[About this task]: Beneath this task are records; print exactly the stretch of them from the line with "let want = if refused" through the line with "assert!(rt; case.output.starts_with(output));", both ends included.

[Raw data]:

______________________________

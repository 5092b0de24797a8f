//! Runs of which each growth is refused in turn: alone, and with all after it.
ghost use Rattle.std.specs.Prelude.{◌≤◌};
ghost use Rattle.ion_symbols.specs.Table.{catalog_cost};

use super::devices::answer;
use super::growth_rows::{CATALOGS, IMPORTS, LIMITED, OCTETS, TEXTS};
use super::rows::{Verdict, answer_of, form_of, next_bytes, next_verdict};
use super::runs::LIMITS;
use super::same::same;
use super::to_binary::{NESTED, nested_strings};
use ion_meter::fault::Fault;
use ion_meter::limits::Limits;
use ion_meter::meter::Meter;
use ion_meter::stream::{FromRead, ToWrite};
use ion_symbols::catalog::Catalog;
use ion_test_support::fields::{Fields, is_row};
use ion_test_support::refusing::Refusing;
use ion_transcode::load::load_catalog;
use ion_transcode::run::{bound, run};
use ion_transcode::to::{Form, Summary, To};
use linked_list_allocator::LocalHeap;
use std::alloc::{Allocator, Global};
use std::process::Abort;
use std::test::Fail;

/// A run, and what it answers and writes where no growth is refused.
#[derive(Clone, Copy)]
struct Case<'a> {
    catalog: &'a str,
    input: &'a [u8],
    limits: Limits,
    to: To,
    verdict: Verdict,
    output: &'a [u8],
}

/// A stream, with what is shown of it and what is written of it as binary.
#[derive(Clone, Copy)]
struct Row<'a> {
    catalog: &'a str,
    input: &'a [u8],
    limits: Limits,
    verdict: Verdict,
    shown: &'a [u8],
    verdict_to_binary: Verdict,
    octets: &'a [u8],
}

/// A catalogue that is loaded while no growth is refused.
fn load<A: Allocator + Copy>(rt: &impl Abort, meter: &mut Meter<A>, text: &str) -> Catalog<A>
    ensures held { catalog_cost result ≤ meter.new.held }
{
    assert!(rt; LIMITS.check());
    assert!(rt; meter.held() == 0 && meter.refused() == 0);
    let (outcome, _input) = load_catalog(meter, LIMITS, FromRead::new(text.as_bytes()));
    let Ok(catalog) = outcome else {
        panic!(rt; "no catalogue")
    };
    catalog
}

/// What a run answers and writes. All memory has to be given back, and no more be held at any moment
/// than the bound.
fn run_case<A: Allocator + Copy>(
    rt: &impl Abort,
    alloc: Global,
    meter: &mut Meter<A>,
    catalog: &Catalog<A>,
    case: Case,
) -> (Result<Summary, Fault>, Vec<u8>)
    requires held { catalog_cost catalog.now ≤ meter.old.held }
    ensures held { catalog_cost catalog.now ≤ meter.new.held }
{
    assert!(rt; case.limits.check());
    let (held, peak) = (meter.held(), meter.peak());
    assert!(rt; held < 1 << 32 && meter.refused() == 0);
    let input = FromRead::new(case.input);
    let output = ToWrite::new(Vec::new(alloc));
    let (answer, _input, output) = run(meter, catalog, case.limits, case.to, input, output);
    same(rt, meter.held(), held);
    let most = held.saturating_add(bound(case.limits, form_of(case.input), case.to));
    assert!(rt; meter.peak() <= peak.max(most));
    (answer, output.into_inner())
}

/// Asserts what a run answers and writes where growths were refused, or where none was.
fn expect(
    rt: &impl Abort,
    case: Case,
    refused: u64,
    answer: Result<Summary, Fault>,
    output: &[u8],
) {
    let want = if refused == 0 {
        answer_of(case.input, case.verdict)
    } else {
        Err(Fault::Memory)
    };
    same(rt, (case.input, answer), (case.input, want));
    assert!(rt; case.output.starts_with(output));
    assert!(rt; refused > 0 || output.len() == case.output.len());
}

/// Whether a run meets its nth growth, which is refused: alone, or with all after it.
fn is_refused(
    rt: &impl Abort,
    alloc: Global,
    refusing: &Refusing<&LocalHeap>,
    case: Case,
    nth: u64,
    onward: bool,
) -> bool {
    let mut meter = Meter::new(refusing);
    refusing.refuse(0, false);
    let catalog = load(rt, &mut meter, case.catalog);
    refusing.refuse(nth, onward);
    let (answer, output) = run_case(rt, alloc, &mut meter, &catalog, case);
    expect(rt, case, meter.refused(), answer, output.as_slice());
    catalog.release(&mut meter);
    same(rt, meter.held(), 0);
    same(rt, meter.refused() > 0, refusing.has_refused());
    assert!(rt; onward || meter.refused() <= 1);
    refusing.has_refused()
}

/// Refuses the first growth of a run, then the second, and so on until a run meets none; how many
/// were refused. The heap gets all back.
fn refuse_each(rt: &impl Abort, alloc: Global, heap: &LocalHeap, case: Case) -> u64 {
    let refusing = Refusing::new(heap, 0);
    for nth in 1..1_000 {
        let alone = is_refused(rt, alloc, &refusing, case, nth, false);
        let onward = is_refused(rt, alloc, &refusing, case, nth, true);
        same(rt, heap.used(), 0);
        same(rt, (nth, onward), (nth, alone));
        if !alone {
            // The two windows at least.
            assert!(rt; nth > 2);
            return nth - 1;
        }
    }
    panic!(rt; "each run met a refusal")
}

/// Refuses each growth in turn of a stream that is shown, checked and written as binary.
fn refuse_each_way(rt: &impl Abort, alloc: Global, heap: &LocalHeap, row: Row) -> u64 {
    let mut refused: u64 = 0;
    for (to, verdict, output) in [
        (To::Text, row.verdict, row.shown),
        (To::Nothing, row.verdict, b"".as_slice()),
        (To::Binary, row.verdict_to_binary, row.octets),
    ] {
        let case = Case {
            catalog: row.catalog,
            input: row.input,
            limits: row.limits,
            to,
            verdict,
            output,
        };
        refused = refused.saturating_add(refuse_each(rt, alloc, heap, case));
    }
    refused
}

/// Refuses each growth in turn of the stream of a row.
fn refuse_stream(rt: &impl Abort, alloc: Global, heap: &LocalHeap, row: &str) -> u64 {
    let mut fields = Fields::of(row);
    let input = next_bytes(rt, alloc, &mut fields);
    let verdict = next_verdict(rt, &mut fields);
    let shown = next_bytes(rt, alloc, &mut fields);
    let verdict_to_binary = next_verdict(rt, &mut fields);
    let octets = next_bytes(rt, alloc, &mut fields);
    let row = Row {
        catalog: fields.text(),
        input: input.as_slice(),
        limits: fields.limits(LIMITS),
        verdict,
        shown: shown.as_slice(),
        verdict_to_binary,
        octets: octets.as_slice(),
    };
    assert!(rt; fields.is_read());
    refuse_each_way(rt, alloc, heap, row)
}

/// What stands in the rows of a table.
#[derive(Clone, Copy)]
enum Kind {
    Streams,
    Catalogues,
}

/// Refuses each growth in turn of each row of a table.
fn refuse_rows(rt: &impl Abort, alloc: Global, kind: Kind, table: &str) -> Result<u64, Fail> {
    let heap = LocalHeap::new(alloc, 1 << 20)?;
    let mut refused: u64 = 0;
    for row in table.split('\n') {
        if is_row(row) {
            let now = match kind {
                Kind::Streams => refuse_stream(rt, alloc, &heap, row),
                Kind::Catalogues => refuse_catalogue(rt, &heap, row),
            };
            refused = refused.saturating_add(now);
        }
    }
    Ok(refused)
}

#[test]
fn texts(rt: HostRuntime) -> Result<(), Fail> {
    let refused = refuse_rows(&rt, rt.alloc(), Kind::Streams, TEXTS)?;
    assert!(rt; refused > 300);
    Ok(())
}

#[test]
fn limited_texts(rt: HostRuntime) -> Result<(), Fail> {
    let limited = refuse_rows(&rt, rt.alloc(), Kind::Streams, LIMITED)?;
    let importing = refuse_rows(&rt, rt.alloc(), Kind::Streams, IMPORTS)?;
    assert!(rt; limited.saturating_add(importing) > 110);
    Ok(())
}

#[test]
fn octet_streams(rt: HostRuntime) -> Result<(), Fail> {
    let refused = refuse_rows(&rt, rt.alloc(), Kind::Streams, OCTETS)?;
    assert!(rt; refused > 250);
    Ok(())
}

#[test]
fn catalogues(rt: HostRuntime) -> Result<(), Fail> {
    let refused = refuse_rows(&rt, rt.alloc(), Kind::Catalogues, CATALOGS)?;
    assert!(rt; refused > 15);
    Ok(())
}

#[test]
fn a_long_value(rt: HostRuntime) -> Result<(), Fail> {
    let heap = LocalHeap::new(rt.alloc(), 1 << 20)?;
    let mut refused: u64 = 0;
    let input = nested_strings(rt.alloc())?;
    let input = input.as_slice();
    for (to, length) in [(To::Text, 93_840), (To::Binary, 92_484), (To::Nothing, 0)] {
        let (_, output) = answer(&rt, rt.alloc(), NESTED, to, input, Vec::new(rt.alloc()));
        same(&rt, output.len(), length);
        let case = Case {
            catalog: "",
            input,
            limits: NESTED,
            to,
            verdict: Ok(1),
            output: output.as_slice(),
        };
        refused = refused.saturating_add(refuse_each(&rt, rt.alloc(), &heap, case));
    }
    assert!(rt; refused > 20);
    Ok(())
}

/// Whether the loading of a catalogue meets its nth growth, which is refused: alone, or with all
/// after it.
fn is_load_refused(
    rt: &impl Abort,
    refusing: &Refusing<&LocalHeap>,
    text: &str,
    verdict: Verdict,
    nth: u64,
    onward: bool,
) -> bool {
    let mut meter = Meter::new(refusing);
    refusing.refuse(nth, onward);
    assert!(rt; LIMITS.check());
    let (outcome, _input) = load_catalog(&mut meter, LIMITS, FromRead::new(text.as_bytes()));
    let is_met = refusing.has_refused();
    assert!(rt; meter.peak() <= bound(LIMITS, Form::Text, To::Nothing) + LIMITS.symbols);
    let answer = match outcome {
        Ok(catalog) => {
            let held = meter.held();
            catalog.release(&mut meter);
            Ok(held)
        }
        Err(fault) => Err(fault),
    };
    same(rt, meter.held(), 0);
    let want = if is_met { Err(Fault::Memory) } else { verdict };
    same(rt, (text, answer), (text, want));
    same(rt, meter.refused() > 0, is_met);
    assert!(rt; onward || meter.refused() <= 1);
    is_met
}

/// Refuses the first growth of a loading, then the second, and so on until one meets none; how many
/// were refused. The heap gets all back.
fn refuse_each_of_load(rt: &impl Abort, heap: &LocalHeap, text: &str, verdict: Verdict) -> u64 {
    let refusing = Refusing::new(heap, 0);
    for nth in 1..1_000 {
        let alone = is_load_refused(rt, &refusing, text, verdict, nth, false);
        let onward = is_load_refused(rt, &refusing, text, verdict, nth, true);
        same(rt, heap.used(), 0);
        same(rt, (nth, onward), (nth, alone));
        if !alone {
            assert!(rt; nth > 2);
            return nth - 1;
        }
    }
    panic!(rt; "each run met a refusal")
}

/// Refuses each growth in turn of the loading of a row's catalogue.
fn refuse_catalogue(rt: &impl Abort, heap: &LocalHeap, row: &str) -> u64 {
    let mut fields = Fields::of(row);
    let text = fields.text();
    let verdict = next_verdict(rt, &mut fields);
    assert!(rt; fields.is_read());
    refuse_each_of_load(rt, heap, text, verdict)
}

______________________________

[Result below]:
    let want = if refused == 0 {
        answer_of(case.input, case.verdict)
    } else {
        Err(Fault::Memory)
    };
    same(rt, (case.input, answer), (case.input, want));
    assert!(rt; case.output.starts_with(output));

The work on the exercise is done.